What is needed:
Transcribe, verbatim, every line from the start of the entries through the line that contains "repository 7a5a6d2937ebce3e"; include both boundary lines and omit all others.

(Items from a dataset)
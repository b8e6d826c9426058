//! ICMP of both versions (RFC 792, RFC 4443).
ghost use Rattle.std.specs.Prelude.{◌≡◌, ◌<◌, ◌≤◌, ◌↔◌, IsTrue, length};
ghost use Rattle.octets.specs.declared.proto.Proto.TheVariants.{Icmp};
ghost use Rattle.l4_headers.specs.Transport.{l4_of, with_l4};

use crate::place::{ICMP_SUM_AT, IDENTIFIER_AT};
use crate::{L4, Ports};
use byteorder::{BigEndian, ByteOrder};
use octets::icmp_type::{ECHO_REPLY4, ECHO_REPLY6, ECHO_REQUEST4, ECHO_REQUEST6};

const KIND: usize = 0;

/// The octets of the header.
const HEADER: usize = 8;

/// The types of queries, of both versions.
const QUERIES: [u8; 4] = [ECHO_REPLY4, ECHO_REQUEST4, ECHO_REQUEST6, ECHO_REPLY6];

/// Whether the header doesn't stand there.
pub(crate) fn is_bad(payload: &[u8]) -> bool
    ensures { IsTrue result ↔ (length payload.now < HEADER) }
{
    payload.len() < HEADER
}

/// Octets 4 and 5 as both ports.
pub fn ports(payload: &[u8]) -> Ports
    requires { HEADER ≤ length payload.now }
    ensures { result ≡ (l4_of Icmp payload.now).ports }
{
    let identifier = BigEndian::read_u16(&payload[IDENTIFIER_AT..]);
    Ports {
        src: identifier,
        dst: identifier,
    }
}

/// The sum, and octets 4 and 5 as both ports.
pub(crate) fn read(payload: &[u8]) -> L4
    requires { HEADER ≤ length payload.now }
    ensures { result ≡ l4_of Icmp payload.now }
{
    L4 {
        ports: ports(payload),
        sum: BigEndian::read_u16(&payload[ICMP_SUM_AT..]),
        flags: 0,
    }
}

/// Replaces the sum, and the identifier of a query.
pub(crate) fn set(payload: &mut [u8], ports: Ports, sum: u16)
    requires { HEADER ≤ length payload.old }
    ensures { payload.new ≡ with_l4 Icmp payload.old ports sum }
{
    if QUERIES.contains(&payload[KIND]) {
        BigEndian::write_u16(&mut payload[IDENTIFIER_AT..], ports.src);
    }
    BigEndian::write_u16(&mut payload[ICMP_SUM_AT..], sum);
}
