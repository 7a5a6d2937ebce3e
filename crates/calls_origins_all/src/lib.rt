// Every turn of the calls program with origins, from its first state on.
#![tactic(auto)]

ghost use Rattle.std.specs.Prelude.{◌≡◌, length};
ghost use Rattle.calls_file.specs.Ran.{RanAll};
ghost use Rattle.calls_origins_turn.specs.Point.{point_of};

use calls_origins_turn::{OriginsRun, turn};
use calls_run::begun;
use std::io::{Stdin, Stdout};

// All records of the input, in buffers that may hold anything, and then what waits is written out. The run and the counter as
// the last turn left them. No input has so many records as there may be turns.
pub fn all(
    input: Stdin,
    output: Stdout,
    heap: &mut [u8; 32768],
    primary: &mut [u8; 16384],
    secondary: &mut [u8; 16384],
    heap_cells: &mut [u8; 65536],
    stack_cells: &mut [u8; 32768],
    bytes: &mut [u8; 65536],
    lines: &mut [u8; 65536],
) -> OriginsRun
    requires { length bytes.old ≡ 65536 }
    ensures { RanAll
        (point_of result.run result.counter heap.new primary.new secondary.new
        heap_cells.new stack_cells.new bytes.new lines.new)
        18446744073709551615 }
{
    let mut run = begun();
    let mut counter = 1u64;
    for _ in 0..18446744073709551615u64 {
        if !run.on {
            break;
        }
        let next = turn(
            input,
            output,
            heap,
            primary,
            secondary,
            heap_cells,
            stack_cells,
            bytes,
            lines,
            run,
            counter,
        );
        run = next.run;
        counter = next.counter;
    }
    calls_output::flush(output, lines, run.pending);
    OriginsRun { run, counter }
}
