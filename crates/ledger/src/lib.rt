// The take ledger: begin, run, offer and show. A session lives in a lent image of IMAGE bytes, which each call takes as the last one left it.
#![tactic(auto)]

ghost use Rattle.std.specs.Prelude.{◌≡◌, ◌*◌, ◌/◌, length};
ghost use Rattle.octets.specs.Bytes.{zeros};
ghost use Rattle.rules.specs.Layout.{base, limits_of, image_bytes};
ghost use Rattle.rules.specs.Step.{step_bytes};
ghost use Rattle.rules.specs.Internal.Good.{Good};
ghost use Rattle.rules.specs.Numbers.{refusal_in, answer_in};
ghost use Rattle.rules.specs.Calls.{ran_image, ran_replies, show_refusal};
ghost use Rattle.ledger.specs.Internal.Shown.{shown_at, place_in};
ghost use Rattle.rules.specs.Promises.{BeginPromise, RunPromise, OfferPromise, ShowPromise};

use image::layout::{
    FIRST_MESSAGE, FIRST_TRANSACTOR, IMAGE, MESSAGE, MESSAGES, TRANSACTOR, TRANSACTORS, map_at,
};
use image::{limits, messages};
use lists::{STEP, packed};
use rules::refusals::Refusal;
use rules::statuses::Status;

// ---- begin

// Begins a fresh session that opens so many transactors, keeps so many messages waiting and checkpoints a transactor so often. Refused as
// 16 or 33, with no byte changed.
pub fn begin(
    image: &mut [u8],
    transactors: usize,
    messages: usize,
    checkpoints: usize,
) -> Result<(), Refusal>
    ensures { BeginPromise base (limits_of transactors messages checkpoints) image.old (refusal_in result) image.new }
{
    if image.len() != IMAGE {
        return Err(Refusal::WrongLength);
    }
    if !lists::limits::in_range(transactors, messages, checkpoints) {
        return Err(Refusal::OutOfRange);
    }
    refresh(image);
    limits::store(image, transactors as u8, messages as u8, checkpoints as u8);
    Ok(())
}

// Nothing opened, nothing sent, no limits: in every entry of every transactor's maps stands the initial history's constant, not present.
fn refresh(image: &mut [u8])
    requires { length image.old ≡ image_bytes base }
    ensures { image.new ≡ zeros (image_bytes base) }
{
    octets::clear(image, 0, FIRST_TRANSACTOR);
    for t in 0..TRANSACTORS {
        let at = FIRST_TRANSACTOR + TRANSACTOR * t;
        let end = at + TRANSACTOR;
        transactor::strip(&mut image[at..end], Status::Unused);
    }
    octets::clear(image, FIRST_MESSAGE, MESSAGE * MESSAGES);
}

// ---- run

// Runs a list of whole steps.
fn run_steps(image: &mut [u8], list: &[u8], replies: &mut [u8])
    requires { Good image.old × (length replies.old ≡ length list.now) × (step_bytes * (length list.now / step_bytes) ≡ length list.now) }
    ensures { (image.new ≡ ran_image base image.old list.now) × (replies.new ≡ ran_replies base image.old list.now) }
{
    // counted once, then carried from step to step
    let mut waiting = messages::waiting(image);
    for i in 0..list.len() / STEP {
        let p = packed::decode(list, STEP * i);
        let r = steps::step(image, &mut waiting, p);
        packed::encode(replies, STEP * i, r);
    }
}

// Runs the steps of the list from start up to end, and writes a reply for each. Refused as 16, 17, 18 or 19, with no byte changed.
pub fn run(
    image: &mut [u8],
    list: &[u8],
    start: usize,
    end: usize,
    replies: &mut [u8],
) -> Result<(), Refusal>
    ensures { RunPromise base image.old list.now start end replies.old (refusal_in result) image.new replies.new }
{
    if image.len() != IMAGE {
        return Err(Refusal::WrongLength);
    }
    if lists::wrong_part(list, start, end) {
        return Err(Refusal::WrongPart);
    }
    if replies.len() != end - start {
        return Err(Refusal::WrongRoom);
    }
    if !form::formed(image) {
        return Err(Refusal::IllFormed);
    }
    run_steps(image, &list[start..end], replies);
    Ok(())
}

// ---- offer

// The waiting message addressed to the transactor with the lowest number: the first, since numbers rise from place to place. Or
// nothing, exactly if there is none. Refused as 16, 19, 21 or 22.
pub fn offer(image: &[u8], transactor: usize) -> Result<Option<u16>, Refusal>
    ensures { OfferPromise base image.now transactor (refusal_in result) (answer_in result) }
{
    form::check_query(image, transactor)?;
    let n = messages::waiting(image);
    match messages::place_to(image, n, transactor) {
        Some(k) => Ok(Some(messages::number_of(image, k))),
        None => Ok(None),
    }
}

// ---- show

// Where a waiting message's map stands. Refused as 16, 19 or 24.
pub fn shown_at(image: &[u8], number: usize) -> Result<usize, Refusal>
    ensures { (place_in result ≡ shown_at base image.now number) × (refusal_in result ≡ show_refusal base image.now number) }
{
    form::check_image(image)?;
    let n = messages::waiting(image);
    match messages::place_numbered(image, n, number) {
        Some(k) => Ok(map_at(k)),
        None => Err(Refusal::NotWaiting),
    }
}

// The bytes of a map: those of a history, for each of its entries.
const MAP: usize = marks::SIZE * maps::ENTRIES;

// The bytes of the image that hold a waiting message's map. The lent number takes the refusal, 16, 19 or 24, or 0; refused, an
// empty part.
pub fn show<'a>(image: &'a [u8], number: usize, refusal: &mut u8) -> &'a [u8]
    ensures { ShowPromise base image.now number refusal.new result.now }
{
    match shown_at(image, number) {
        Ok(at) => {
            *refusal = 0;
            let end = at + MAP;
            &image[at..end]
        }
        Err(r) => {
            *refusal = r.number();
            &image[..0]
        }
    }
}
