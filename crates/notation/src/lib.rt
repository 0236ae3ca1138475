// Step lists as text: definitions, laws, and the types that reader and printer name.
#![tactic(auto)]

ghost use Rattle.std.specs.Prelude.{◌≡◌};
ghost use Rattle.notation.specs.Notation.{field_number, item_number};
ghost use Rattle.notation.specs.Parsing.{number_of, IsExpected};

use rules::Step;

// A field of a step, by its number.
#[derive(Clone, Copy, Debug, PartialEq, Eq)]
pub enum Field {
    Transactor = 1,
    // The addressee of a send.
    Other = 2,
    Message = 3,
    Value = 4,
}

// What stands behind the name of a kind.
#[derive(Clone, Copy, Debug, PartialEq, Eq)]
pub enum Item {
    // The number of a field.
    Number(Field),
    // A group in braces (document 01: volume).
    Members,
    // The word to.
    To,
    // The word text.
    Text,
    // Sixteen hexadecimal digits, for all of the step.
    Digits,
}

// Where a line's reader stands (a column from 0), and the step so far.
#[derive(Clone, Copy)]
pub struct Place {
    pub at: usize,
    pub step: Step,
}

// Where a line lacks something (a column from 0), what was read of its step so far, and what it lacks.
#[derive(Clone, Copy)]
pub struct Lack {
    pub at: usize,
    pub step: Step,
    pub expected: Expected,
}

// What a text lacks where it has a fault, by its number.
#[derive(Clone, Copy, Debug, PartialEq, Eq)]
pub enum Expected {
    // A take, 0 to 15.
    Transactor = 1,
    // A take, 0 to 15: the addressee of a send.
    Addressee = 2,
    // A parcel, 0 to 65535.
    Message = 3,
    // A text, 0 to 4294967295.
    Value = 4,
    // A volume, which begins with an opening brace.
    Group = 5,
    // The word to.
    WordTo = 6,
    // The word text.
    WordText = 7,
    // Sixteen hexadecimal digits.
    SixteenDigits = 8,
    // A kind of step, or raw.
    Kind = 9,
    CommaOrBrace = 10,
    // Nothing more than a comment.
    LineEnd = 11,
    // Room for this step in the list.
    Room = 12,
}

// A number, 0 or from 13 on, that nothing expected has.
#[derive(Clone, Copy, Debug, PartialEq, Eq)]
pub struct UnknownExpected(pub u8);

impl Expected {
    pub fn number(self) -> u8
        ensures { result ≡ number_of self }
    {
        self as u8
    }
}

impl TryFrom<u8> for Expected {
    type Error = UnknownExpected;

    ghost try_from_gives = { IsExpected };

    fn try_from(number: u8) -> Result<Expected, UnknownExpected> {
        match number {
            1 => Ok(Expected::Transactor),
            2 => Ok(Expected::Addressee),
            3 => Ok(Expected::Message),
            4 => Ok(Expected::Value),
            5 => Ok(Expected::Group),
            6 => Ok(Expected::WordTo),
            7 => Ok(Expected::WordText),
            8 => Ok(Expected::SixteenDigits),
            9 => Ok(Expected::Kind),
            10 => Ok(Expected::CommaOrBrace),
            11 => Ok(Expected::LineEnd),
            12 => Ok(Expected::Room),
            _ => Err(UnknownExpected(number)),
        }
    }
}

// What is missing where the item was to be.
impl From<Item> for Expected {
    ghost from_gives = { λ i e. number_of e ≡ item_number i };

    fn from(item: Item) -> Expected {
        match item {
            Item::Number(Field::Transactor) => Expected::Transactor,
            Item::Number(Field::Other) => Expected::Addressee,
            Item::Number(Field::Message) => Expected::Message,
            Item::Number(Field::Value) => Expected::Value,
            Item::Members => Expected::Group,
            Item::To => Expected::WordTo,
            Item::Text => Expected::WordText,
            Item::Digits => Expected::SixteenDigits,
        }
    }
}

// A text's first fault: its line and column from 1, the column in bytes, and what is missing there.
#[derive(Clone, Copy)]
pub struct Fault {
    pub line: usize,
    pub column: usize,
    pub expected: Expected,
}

Expected answer:
repository b8e6d826c9426058
//! ICMP of both versions (RFC 792, RFC 4443).
ghost use Rattle.std.specs.Prelude.{◌≡◌, ◌<◌, ◌≤◌, ◌↔◌, IsTrue, length};
ghost use Rattle.octets.specs.declared.proto.Proto.TheVariants.{Icmp};
ghost use Rattle.l4_headers.specs.Transport.{l4_of, with_l4};

use crate::place::{ICMP_SUM_AT, IDENTIFIER_AT};
use crate::{L4, Ports};
use byteorder::{BigEndian, ByteOrder};
use octets::icmp_type::{ECHO_REPLY4, ECHO_REPLY6, ECHO_REQUEST4, ECHO_REQUEST6};

const KIND: usize = 0;

/// The octets of the header.
const HEADER: usize = 8;

/// The types of queries, of both versions.
const QUERIES: [u8; 4] = [ECHO_REPLY4, ECHO_REQUEST4, ECHO_REQUEST6, ECHO_REPLY6];

/// Whether the header doesn't stand there.
pub(crate) fn is_bad(payload: &[u8]) -> bool
    ensures { IsTrue result ↔ (length payload.now < HEADER) }
{
    payload.len() < HEADER
}

/// Octets 4 and 5 as both ports.
pub fn ports(payload: &[u8]) -> Ports
    requires { HEADER ≤ length payload.now }
    ensures { result ≡ (l4_of Icmp payload.now).ports }
{
    let identifier = BigEndian::read_u16(&payload[IDENTIFIER_AT..]);
    Ports {
        src: identifier,
        dst: identifier,
    }
}

/// The sum, and octets 4 and 5 as both ports.
pub(crate) fn read(payload: &[u8]) -> L4
    requires { HEADER ≤ length payload.now }
    ensures { result ≡ l4_of Icmp payload.now }
{
    L4 {
        ports: ports(payload),
        sum: BigEndian::read_u16(&payload[ICMP_SUM_AT..]),
        flags: 0,
    }
}

/// Replaces the sum, and the identifier of a query.
pub(crate) fn set(payload: &mut [u8], ports: Ports, sum: u16)
    requires { HEADER ≤ length payload.old }
    ensures { payload.new ≡ with_l4 Icmp payload.old ports sum }
{
    if QUERIES.contains(&payload[KIND]) {
        BigEndian::write_u16(&mut payload[IDENTIFIER_AT..], ports.src);
    }
    BigEndian::write_u16(&mut payload[ICMP_SUM_AT..], sum);
}
repository 7a5a6d2937ebce3e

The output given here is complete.